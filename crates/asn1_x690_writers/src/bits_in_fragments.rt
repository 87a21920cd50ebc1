//! BIT STRING in fragments (X.690 8.6, 11.2).

ghost use Rattle.std.specs.Prelude.{◌≡◌, List, Bool, ◌*◌, ◌^◌, ◌<◌, true, false, length};
ghost use Rattle.asn1_bits.specs.Bits.{bits};
ghost use Rattle.asn1_schema.specs.Pieces.{Bits};
ghost use Rattle.asn1_schema.specs.PiecesOfParts.{joined};
ghost use Rattle.asn1_x690.specs.Leaves.{AreTrimmed, HasSize, IsBitString, leaf_of, least_of as least_in};
ghost use Rattle.asn1_x690_writers.specs.Put.{AreTooManyBits, IsPut, LeftAt};
ghost use Rattle.asn1_x690_writers.specs.Strings.{IsStringWritten};

use crate::fragments::{all_of, put_first, skip, with_head};
use crate::sizes::has_size;
use asn1_schema::{Fragments, Length, MisfitKind};
use asn1_x691_writers::{Writer, bit_at, leave, put_number, reject, size_of_fragments};

/// Writes bits in fragments of a size that the constraint permits, which are as few as their names
/// permit. They must be fewer than 2^64.
pub(crate) fn put_bits_in_fragments(
    octets: &mut [u8],
    size: Length,
    is_extensible: bool,
    has_names: bool,
    source: &[u8],
    fragments: Fragments,
    node: usize,
    state: &mut Writer,
) -> bool
    requires size { 8 * length octets.old < 2 ^ 64 }
    requires source { 8 * length source.now < 2 ^ 64 }
    ensures { IsPut (LeftAt (AreTooManyBits (Bits (joined 1 (bits source.now) fragments))) node state.new) (leaf_of IsBitString (λ bits. HasSize is_extensible size (length bits) × AreTrimmed has_names size bits) Bits node)
        (Bits (joined 1 (bits source.now) fragments)) octets.old state.old octets.new state.new result }
{
    let total = size_of_fragments(source, 1, fragments);
    if total >= 1u128 << 64 {
        return leave(state, node);
    }
    let count = total as usize;
    if !has_size(size, is_extensible, count) {
        return reject(state, node, MisfitKind::NoEncoding);
    }
    if !are_permitted(source, has_names, size, fragments, count) {
        return reject(state, node, MisfitKind::NoEncoding);
    }
    state.at = put_joined(octets, state.at, source, fragments, count);
    true
}

/// Returns whether bits have no names, or are as few as their names and the size permit
/// (X.690 11.2.2).
fn are_permitted(
    source: &[u8],
    has_names: bool,
    size: Length,
    fragments: Fragments,
    count: usize,
) -> bool
    requires source { 8 * length source.now < 2 ^ 64 }
    requires all { count ≡ length (joined 1 (bits source.now) fragments) }
    ensures yes { result ≡ true → AreTrimmed has_names size (joined 1 (bits source.now) fragments) }
    ensures no { result ≡ false → AreTrimmed has_names size (joined 1 (bits source.now) fragments) → ⊥ }
{
    if has_names {
        return are_trimmed(source, size, fragments, count);
    }
    true
}

/// Returns whether bits are as few as the size permits, or end in a 1.
fn are_trimmed(source: &[u8], size: Length, fragments: Fragments, count: usize) -> bool
    requires source { 8 * length source.now < 2 ^ 64 }
    requires all { count ≡ length (joined 1 (bits source.now) fragments) }
    ensures yes { result ≡ true → AreTrimmed true size (joined 1 (bits source.now) fragments) }
    ensures no { result ≡ false → AreTrimmed true size (joined 1 (bits source.now) fragments) → ⊥ }
{
    let least = least_of(size);
    if count <= least {
        return count == least;
    }
    let all = all_of(source, 1, fragments);
    let end = skip(source, 1, all, count - 1);
    let last = with_head(source, 1, end);
    bit_at(source, last.head.at)
}

/// Returns the least size that a constraint permits.
fn least_of(size: Length) -> usize
    ensures { result ≡ least_in size }
{
    match size {
        Length::AtLeast { least } => least as usize,
        Length::Between { least, range: _ } => least as usize,
    }
}

/// Writes how many bits of the last octet are unused, the bits, and zeros for the unused ones.
/// Returns the index after them.
fn put_joined(
    octets: &mut [u8],
    at: usize,
    source: &[u8],
    fragments: Fragments,
    count: usize,
) -> usize
    requires size { 8 * length octets.old < 2 ^ 64 }
    requires source { 8 * length source.now < 2 ^ 64 }
    requires all { count ≡ length (joined 1 (bits source.now) fragments) }
    ensures { IsStringWritten (joined 1 (bits source.now) fragments) octets.old at octets.new result }
{
    let unused = (8 - count % 8) % 8;
    let first = put_number(octets, at, unused as u64, 8);
    let all = all_of(source, 1, fragments);
    let end = put_first(octets, first, source, 1, all, count);
    put_number(octets, end, 0, unused)
}
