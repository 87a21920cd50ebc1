//! Identifier octets (X.690 8.1.2).

ghost use Rattle.std.specs.Prelude.{◌≡◌, ◌≢◌, ◌≤◌, ◌<◌, ◌^◌, ◌*◌, ◌+◌, ◌/◌, ◌%◌, ℕ, true, false, length, take, drop, IfSome};
ghost use Rattle.asn1_bits.specs.Bits.{bits, is_odd};
ghost use Rattle.asn1_x690.specs.Elements.{class_of, identifier, identifier_of, long_number};
ghost use Rattle.asn1_schema.specs.Encodings.{Starts};
ghost use Rattle.asn1_x690.specs.declared.tables.Identifier.{Identifier};
ghost use Rattle.asn1_x690_fields.specs.Outcomes.{rest, IsWithin, IsOnward, IsReadAs, IsShown, IsIdentifier};

use crate::heads::next_octet;
use crate::state::{State, fail};
use asn1_bits::read_bits;
use asn1_x690::{Class, FaultKind};

/// An identifier that was read. The number of a tag may be of any size.
#[derive(Clone, Copy, Debug, PartialEq, Eq)]
pub struct FoundIdentifier {
    /// The class of the tag.
    pub class: Class,
    /// The number of the tag, or `None` if 64 bits do not hold it.
    pub number: Option<u64>,
    /// Whether the contents are elements.
    pub is_constructed: bool,
}

/// Returns the class of a number.
#[inline(always)]
fn class_of(number: u32) -> Class
    requires { number < 4 }
    ensures { result ≡ class_of number }
{
    match number {
        0 => Class::Universal,
        1 => Class::Application,
        2 => Class::Context,
        _ => Class::Private,
    }
}

/// Returns whether bit 6 of the first octet is 1 (8.1.2.5).
#[inline(always)]
fn is_constructed_by(first: u32) -> bool
    ensures { result ≡ is_odd (first / 32) }
{
    first / 32 % 2 == 1
}

/// Returns a number with one more digit to base 128, which an octet has in its bits 7 to 1.
#[inline(always)]
fn with_digit(number: Option<u64>, octet: u32) -> Option<u64>
    ensures { (n : ℕ) → IsShown number n → IsShown result (n * 128 + octet % 128) }
{
    match number {
        None => None,
        Some(high) => {
            if high > u64::MAX / 128 {
                return None;
            }
            Some(high * 128 + u64::from(octet % 128))
        }
    }
}

/// Reads the number of a tag from 31 on.
fn next_long_number(octets: &[u8], node: usize, state: &mut State) -> Option<Option<u64>>
    requires size { 8 * length octets.now < 2 ^ 64 }
    requires within { IsWithin (bits octets.now) state.old }
    ensures onward { IsOnward (bits octets.now) state.old state.new }
    ensures read { IsReadAs (long_number node) IsShown (bits octets.now) state.old state.new result }
{
    let first = next_octet(octets, node, state)?;
    let mut number = Some(u64::from(first % 128));
    let mut is_more = first >= 128;
    while is_more {
        match next_octet(octets, node, state) {
            None => return None,
            Some(octet) => {
                number = with_digit(number, octet);
                is_more = octet >= 128;
            }
        }
    }
    if first == 128 || is_below_31(number) {
        fail(state, node, FaultKind::NotMinimal);
        return None;
    }
    Some(number)
}

/// Returns whether a number is below 31.
#[inline(always)]
fn is_below_31(number: Option<u64>) -> bool
    ensures yes { result ≡ true → (n : ℕ) → IsShown number n → n < 31 }
    ensures no { result ≡ false → (n : ℕ) → IsShown number n → 31 ≤ n }
{
    match number {
        None => false,
        Some(n) => n < 31,
    }
}

/// Returns the identifier that an octet is, where the number of its tag is below 31 (8.1.2.2).
#[inline(always)]
pub(crate) fn short_identifier(first: u32) -> FoundIdentifier
    requires octet { first < 256 }
    requires low { first % 32 < 31 }
    ensures { IsIdentifier result (identifier_of first (first % 32)) }
{
    FoundIdentifier {
        class: class_of(first / 64),
        number: Some(u64::from(first % 32)),
        is_constructed: is_constructed_by(first),
    }
}

/// Returns the next identifier if it is one octet. It does not read it.
#[inline(always)]
pub fn short_identifier_at(octets: &[u8], state: &State) -> Option<FoundIdentifier>
    requires size { 8 * length octets.now < 2 ^ 64 }
    requires within { IsWithin (bits octets.now) state.now }
    ensures { IfSome result (λ i. (node : ℕ) → (id : Identifier) × IsIdentifier i id
        × Starts (identifier node).encodes (rest (bits octets.now) state.now) id
        (drop (state.now.at + 8) (take state.now.end (bits octets.now)))) }
{
    if state.end - state.at < 8 {
        return None;
    }
    let first = read_bits(octets, state.at, 8);
    if first % 32 == 31 {
        return None;
    }
    Some(short_identifier(first))
}

/// Reads an identifier (X.690 8.1.2).
#[inline(always)]
pub fn next_identifier(octets: &[u8], node: usize, state: &mut State) -> Option<FoundIdentifier>
    requires size { 8 * length octets.now < 2 ^ 64 }
    requires within { IsWithin (bits octets.now) state.old }
    ensures onward { IsOnward (bits octets.now) state.old state.new }
    ensures some { IfSome result (λ i. state.old.at < state.new.at) }
    ensures read { IsReadAs (identifier node) IsIdentifier (bits octets.now) state.old state.new result }
{
    let first = next_octet(octets, node, state)?;
    if first % 32 < 31 {
        return Some(short_identifier(first));
    }
    let number = next_long_number(octets, node, state)?;
    Some(FoundIdentifier {
        class: class_of(first / 64),
        number,
        is_constructed: is_constructed_by(first),
    })
}
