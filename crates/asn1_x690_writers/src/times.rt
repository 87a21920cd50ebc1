//! UTCTime (X.690 8.25, 11.8) and GeneralizedTime (8.25, 11.7).

ghost use Rattle.std.specs.Prelude.{◌*◌, ◌<◌, ◌^◌, length};
ghost use Rattle.std.specs.Bool.{Decides};
ghost use Rattle.asn1_bits.specs.Bits.{bits};
ghost use Rattle.asn1_schema.specs.CharactersOfParts.{characters_of};
ghost use Rattle.asn1_schema.specs.Pieces.{Text};
ghost use Rattle.asn1_schema.specs.Times.{IsTime};
ghost use Rattle.asn1_x690.specs.Der.{always};
ghost use Rattle.asn1_x690.specs.Leaves.{IsTimeText, leaf_of};
ghost use Rattle.asn1_x690_writers.specs.Put.{IsPut};
ghost use Rattle.asn1_x691_writers.specs.Put.{piece_in};

use crate::texts::{are_plain, put_characters};
use asn1_schema::{Characters, MisfitKind, Part, Range, TimeKind};
use asn1_x691_fields::is_time_at;
use asn1_x691_writers::{Writer, is_time_in, reject};

/// Returns whether the characters of a part are a time of this kind. Numbers of one octet each are read
/// where they are.
fn is_time(source: &[u8], table: &[Range], text: Characters, kind: TimeKind) -> bool
    requires { 8 * length source.now < 2 ^ 64 }
    ensures { Decides result (IsTime kind (characters_of table.now (bits source.now) text)) }
{
    if are_plain(source, 8, text) {
        return is_time_at(source, text.at, 8, text.count, kind);
    }
    is_time_in(source, table, text, kind)
}

/// Writes a time of this kind, a character in each octet.
pub(crate) fn put_time(
    octets: &mut [u8],
    table: &[Range],
    kind: TimeKind,
    source: &[u8],
    part: Part,
    node: usize,
    state: &mut Writer,
) -> bool
    requires size { 8 * length octets.old < 2 ^ 64 }
    requires source { 8 * length source.now < 2 ^ 64 }
    ensures { IsPut ⊥ (leaf_of (IsTimeText kind) always Text node) (piece_in table.now source.now part)
        octets.old state.old octets.new state.new result }
{
    match part {
        Part::Text(text) => {
            if !is_time(source, table, text, kind) {
                return reject(state, node, MisfitKind::NoEncoding);
            }
            state.at = put_characters(octets, state.at, 8, source, table, text);
            true
        }
        _ => reject(state, node, MisfitKind::OtherPart),
    }
}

========================================================================

From the entries above, copy out every line where the string "Prelude" appears.

■ EXERCISE SOLUTION:
ghost use Rattle.std.specs.Prelude.{◌≡◌, List, Bool, ◌*◌, ◌^◌, ◌<◌, true, false, length};
ghost use Rattle.std.specs.Prelude.{◌≡◌, ◌≢◌, ◌≤◌, ◌<◌, ◌^◌, ◌*◌, ◌+◌, ◌/◌, ◌%◌, ℕ, true, false, length, take, drop, IfSome};
ghost use Rattle.std.specs.Prelude.{◌*◌, ◌<◌, ◌^◌, length};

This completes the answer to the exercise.